I do not suggest you save any old timber from the fire wood pile but if the wood is unusual, rare, or you can see potential in the shape then by all means go for it.
Lumber yards on the other hand often have log ends and large branches that have been air dried usually sold to turners. But if you are willing to take the risk of splits etc or can keep them for a while longer to dry out further these can be had in substantial sizes for a lot less than the dimensioned timber. . Most of my work is done with this type of timber
When carving timber that is only part seasoned you have to take care to prevent it splitting.
There are many ways you can do this one way is to keep all the shavings and off cuts you make and put them in a plastic bag with your sculpture tying up the top or you can oil your work when you leave it I apply oil to all the cut areas of my sculptures and have had little or no problems with splitting.
A TIP
I have had great results in preventing splitting by coating the sculpture in oil at the end of each carving session.
You will also find that part seasoned timber is no where near as hard to carve as fully seasond timber.

An English Hawthorn stump
  Now for the exotic
THE WOOD TURNING CONSPIRACY




Some timbers are considered the sole provence of the turner; do not believe it!
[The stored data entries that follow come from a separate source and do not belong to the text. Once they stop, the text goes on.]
//! The header of a page: which column each of its cells names.

ghost use Rattle.std.specs.Prelude.{
  ◌≡◌,
  ◌≤◌,
  [],
  IfOk,
  MatchOption,
  MatchResult,
  None,
  Ok,
  Err,
  Some,
  false,
  length,
  string_bytes,
};
ghost use Rattle.table_pages.specs.Headers as headers;

use crate::columns::{Column, stands_in};
use crate::fault::{FaultKind, PageFault};
use commands::Field;
use record_fields::Role;
use std::alloc::{AllocError, Global};

/// A fault of the header.
pub(crate) fn header_fault(
    alloc: Global,
    kind: FaultKind,
    name: &str,
) -> Result<PageFault, AllocError>
    ensures { IfOk result (λ f. f ≡ headers.header_fault kind name.now) }
{
    let name = String::from_str(alloc, name)?;
    Ok(PageFault {
        row: 1,
        kind,
        column: Field::new(name),
        cell: Field::new(String::new(alloc)),
    })
}

/// The columns of these names, or the fault of the first that is not known or stands twice.
pub(crate) fn columns_of(
    alloc: Global,
    names: &[Field],
) -> Result<Result<Vec<Column>, PageFault>, AllocError>
    ensures { IfOk result (λ r. MatchResult r (λ columns. headers.columns_from [] names.now ≡ Ok columns.items)
        (λ fault. headers.columns_from [] names.now ≡ Err fault)) }
{
    let mut columns = Vec::new(alloc);
    for name in names {
        match next_column(alloc, &columns, name.as_str())? {
            Ok(column) => columns.push(column)?,
            Err(fault) => return Ok(Err(fault)),
        }
    }
    Ok(Ok(columns))
}

/// The column of a name after these, or why it is none.
fn next_column(
    alloc: Global,
    columns: &[Column],
    name: &str,
) -> Result<Result<Column, PageFault>, AllocError>
    ensures { IfOk result (λ r. r ≡ headers.next_column columns.now name.now) }
{
    match column_of(alloc, name)? {
        Some(column) if stands_in(columns, column) => Ok(Err(header_fault(
            alloc,
            FaultKind::RepeatedColumn,
            name,
        )?)),
        Some(column) => Ok(Ok(column)),
        None => Ok(Err(header_fault(alloc, FaultKind::UnknownColumn, name)?)),
    }
}

/// The column of a name. `None`: no field and no role has it.
fn column_of(alloc: Global, name: &str) -> Result<Option<Column>, AllocError>
    ensures { IfOk result (λ found. found ≡ headers.column_of name.now) }
{
    match name.as_bytes() {
        [] => Ok(Some(Column::Unnamed)),
        [first, ..] if *first == b'#' => Ok(Some(Column::Own)),
        bytes => column_by_key(alloc, bytes),
    }
}

/// The column of a name, of a field or a role.
fn column_by_key(alloc: Global, name: &[u8]) -> Result<Option<Column>, AllocError>
    ensures { IfOk result (λ found. found ≡ headers.by_key (headers.key false name.now)) }
{
    match key(alloc, name)? {
        Some(key) => Ok(column_of_key(key.as_str())),
        None => Ok(None),
    }
}

/// The name in lower case, with one `-` for each run of blanks, `-` and `_`. `None`: it has another character that is
/// not ASCII.
fn key(alloc: Global, name: &[u8]) -> Result<Option<String>, AllocError>
    ensures { IfOk result (λ found. MatchOption found (headers.key false name.now ≡ None)
        (λ key. headers.key false name.now ≡ Some (string_bytes key))) }
{
    let mut key = String::new(alloc);
    let mut parted = false;
    for byte in name {
        if is_parting(*byte) {
            if !parted {
                key.push('-')?;
            }
            parted = true;
        } else if *byte < 128 {
            key.push(byte.to_ascii_lowercase() as char)?;
            parted = false;
        } else {
            return Ok(None);
        }
    }
    Ok(Some(key))
}

/// A blank, of which U+00A0 is 194 and 160, `-` or `_`.
fn is_parting(byte: u8) -> bool
    ensures { result ≡ headers.is_parting byte }
{
    matches!(byte, b' ' | b'\t' | b'\n' | 194 | 160 | b'-' | b'_')
}

/// The column of a key.
fn column_of_key(key: &str) -> Option<Column>
    ensures { result ≡ headers.column_of_key key.now }
{
    match key {
        "kind" => Some(Column::Kind),
        "page" => Some(Column::Page),
        "item" => Some(Column::Item),
        "date" => Some(Column::Date),
        "place" => Some(Column::Place),
        "text" => Some(Column::Text),
        _ => mention_column(key.as_bytes()),
    }
}

/// The column of a role and its number, which is 1 where none is written.
fn mention_column(key: &[u8]) -> Option<Column>
    ensures { result ≡ headers.mention_column key.now }
{
    let (size, number) = numbered(key);
    let role = role_of(&key[..key.len() - size])?;
    Some(Column::Mention(role, number))
}

/// The role of a word.
fn role_of(word: &[u8]) -> Option<Role>
    ensures { result ≡ headers.role_in word.now }
{
    match str::from_utf8(word) {
        Ok(word) => Role::from_word(word),
        Err(_) => None,
    }
}

/// How many bytes a number from 1 to 100 takes at the end, with `-` before it, and the number: 0 and 1 where there is
/// none.
fn numbered(key: &[u8]) -> (usize, u8)
    ensures size { result.0 ≡ (headers.numbered key.now).0 }
    ensures number { result.1 ≡ (headers.numbered key.now).1 }
    ensures within { result.0 ≤ length key.now }
{
    let n = key.len();
    if n >= 2 && key[n - 2] == b'-' && is_first(key[n - 1]) {
        (2, key[n - 1] - b'0')
    } else if n >= 3 && key[n - 3] == b'-' && is_first(key[n - 2]) && key[n - 1].is_ascii_digit() {
        (3, 10 * (key[n - 2] - b'0') + (key[n - 1] - b'0'))
    } else if n >= 4 && key[n - 4] == b'-' && is_hundred(key[n - 3], key[n - 2], key[n - 1]) {
        (4, 100)
    } else {
        (0, 1)
    }
}

/// The digits of 100.
fn is_hundred(a: u8, b: u8, c: u8) -> bool
    ensures { result ≡ headers.is_hundred a b c }
{
    a == b'1' && b == b'0' && c == b'0'
}

/// A digit that a number begins with.
fn is_first(byte: u8) -> bool
    ensures { result ≡ headers.is_first byte }
{
    b'1' <= byte && byte <= b'9'
}

/// The first of the fields that each entry needs which has no column.
pub(crate) fn missing(columns: &[Column]) -> Option<&'static str>
    ensures { MatchOption result (headers.missing columns.now ≡ None)
        (λ word. headers.missing columns.now ≡ Some word.now) }
{
    if !stands_in(columns, Column::Kind) {
        Some("kind")
    } else if !stands_in(columns, Column::Page) {
        Some("page")
    } else if !stands_in(columns, Column::Item) {
        Some("item")
    } else {
        None
    }
}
It's a conspiracy by the turning fraternity to keep the worlds most beautiful timbers to themselves. You can, if you take the time and patience sculpt any timber, such modern tools as the rotary carver and other powered cutting tools have made all timbers suitable for the sculptor. Okay, design permiting and taking into account the limitations of the timbers grain structure. But what the hell! its the challenge and the fantastic results that make every thing worth while.
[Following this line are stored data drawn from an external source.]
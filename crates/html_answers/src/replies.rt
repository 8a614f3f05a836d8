//! The bytes of an answer.

ghost use Rattle.std.specs.Prelude.{◌≡◌, ◌++◌, IfOk, OnOk};
ghost use Rattle.html_answers.specs.Replies as replies;

use html_parts::{Words, error_page};
use http::StatusCode;
use room_requests::{push_allow, push_size, push_status};
use std::alloc::{AllocError, Global};

/// What an answer is written in.
#[derive(Clone, Copy, Debug, PartialEq, Eq)]
pub(crate) enum Media {
    Html,
    Css,
}

/// An answer with this page, which a HEAD is answered without.
pub(crate) fn reply(
    alloc: Global,
    status: StatusCode,
    media: Media,
    page: &str,
    with_page: bool,
) -> Result<Vec<u8>, AllocError>
    ensures { IfOk result (λ bytes. bytes.items ≡ replies.reply status media page.now with_page) }
{
    let mut bytes = Vec::new(alloc);
    push_head(&mut bytes, alloc, status, media, page.len())?;
    if with_page {
        bytes.extend_from_slice(page.as_bytes())?;
    }
    Ok(bytes)
}

/// The answer of a status that refuses: its page says what happened.
pub(crate) fn refusal(
    alloc: Global,
    society: &Words,
    status: StatusCode,
    with_page: bool,
) -> Result<Vec<u8>, AllocError>
    ensures { IfOk result (λ bytes. bytes.items ≡ replies.refusal society.now status with_page) }
{
    let page = error_page(alloc, society.as_str(), status)?;
    reply(alloc, status, Media::Html, page.as_str(), with_page)
}

/// Adds the head of an answer whose page has so many bytes.
fn push_head(
    bytes: &mut Vec<u8>,
    alloc: Global,
    status: StatusCode,
    media: Media,
    size: usize,
) -> Result<(), AllocError>
    ensures { OnOk result (bytes.new.items ≡ bytes.old.items ++ replies.head_of status media size) }
{
    push_status(bytes, status)?;
    push_allow(bytes, status)?;
    push_type(bytes, media)?;
    push_size(bytes, alloc, size)?;
    push_last(bytes)?;
    Ok(())
}

/// Adds what the page is written in.
fn push_type(bytes: &mut Vec<u8>, media: Media) -> Result<(), AllocError>
    ensures { OnOk result (bytes.new.items ≡ bytes.old.items ++ replies.type_line media) }
{
    bytes.extend_from_slice(type_line(media).as_bytes())?;
    Ok(())
}

/// Adds what the head of each answer ends with.
fn push_last(bytes: &mut Vec<u8>) -> Result<(), AllocError>
    ensures { OnOk result (bytes.new.items ≡ bytes.old.items ++ replies.last_lines) }
{
    bytes.extend_from_slice(policy_line().as_bytes())?;
    bytes.extend_from_slice(privacy_lines().as_bytes())?;
    bytes.extend_from_slice(close_line().as_bytes())?;
    Ok(())
}

#[tactic(auto, unfolding(crate::specs::Replies::type_line))]
fn type_line(media: Media) -> &'static str
    ensures { result.now ≡ replies.type_line media }
{
    match media {
        Media::Html => "Content-Type: text/html; charset=utf-8\r\n",
        Media::Css => "Content-Type: text/css; charset=utf-8\r\n",
    }
}

#[tactic(auto, unfolding(crate::specs::Replies::policy_line))]
fn policy_line() -> &'static str
    ensures { result.now ≡ replies.policy_line }
{
    "Content-Security-Policy: default-src 'none'; style-src 'self'; form-action 'self'; base-uri 'none'; \
     frame-ancestors 'none'\r\n"
}

#[tactic(auto, unfolding(crate::specs::Replies::privacy_lines))]
fn privacy_lines() -> &'static str
    ensures { result.now ≡ replies.privacy_lines }
{
    "X-Content-Type-Options: nosniff\r\nReferrer-Policy: no-referrer\r\nCache-Control: no-store\r\n"
}

#[tactic(auto, unfolding(crate::specs::Replies::close_line))]
fn close_line() -> &'static str
    ensures { result.now ≡ replies.close_line }
{
    "Connection: close\r\n\r\n"
}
I might suggest you wait untill you have some experience working with the different grain found in timber and feel confident in giving what can be very expensive timber your artistic administrations. You see; being a burl or a highly figured timber you get all sorts of problems like brittle areas, holes, soft timber, timber so hard you could ruin the edges of your chisels on it, grain that changes direction, width and structure by the inch. But when you do sculpt it and triumph, the finished article can be truly breath taking.
A tip
To give delicate areas the best chance of survival you should work with the grain that is you should aim to have the grain running the length of the piece this will give it the most strength. With burls or wildly grained timbers this is sumtimes an impossible task so you should alter your design to support the at risk areas .
When sculpting a burl you will need to use power tools. Some burls will have to be sculpted soley with power tools.

A TIP
If you find the timber you are working on is to hard to carve the detail you would like in it, then you can soften the wood with alcohol! NO you are not going to have a Jack Daniels flavoured sculpture. Sorry the alcohol to use is de-natured alcohol.
It will soften most normal hard timbers and will not course the grain to raise, but has little or no effect on burls so give it a go.